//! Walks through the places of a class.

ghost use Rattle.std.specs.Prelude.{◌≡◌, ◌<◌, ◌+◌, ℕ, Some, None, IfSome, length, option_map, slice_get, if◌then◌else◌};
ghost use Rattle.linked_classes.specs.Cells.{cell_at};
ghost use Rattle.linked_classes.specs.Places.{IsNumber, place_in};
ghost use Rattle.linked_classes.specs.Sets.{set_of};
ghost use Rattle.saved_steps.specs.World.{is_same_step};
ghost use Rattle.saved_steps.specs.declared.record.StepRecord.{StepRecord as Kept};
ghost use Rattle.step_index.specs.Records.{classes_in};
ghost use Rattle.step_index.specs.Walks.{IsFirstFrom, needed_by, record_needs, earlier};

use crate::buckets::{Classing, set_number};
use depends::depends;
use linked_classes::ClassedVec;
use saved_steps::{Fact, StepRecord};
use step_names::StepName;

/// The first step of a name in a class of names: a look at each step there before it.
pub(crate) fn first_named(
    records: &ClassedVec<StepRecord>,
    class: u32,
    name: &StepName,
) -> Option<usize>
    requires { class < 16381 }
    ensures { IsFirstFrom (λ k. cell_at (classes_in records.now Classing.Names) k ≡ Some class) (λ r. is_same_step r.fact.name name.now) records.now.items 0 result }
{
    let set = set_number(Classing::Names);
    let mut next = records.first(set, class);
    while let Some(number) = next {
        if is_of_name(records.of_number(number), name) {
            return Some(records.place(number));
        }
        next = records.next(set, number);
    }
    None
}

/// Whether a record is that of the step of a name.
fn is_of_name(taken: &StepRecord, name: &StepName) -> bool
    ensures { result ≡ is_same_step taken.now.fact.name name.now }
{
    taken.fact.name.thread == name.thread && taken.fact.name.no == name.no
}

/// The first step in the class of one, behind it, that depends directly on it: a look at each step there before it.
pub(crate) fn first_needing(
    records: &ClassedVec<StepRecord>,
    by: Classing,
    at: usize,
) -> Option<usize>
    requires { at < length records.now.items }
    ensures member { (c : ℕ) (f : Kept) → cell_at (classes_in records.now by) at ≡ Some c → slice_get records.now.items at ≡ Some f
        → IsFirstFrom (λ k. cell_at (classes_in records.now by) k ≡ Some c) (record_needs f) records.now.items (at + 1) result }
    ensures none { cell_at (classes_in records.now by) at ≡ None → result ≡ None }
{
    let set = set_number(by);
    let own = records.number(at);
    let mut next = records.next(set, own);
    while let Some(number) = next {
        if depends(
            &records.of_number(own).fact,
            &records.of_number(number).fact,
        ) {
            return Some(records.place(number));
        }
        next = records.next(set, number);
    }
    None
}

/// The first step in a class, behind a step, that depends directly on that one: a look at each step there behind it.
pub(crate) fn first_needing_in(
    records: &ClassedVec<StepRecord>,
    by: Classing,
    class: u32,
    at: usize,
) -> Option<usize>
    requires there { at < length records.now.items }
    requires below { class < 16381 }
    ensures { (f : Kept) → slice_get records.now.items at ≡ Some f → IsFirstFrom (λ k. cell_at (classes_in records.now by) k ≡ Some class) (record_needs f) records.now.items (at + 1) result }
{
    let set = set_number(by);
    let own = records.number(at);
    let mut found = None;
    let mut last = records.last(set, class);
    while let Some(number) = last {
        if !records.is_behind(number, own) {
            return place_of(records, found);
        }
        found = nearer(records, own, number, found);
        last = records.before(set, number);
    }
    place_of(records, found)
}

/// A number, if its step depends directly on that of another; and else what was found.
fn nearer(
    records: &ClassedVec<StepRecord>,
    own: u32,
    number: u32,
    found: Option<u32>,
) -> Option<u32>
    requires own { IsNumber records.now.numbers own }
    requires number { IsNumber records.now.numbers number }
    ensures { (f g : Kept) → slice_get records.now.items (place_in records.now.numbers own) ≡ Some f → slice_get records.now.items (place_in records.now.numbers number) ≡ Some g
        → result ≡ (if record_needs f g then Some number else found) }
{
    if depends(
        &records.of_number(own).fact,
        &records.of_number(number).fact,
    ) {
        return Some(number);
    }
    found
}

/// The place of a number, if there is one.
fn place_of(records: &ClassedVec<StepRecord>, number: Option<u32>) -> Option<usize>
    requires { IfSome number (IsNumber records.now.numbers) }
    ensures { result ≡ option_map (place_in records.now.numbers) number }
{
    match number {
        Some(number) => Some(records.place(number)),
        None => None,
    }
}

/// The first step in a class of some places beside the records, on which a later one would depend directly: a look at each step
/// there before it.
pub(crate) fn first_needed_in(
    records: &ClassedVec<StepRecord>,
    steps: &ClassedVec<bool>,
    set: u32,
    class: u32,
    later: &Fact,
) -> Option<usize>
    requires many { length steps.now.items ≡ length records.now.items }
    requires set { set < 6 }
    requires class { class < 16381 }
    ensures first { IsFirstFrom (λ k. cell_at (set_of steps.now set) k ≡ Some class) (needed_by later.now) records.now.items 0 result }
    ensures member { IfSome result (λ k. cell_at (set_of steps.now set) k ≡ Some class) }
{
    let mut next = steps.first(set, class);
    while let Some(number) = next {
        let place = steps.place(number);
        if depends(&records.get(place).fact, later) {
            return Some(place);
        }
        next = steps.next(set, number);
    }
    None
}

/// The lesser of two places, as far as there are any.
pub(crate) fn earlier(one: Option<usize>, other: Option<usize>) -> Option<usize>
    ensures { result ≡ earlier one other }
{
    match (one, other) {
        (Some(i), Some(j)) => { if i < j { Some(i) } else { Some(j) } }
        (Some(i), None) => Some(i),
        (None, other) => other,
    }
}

YOUR TASK: Look through the entries above, and wherever a line holds the string "return", copy it.

EXERCISE OUTPUT:
            return Some(records.place(number));
            return Some(records.place(number));
            return place_of(records, found);
        return Some(number);
            return Some(place);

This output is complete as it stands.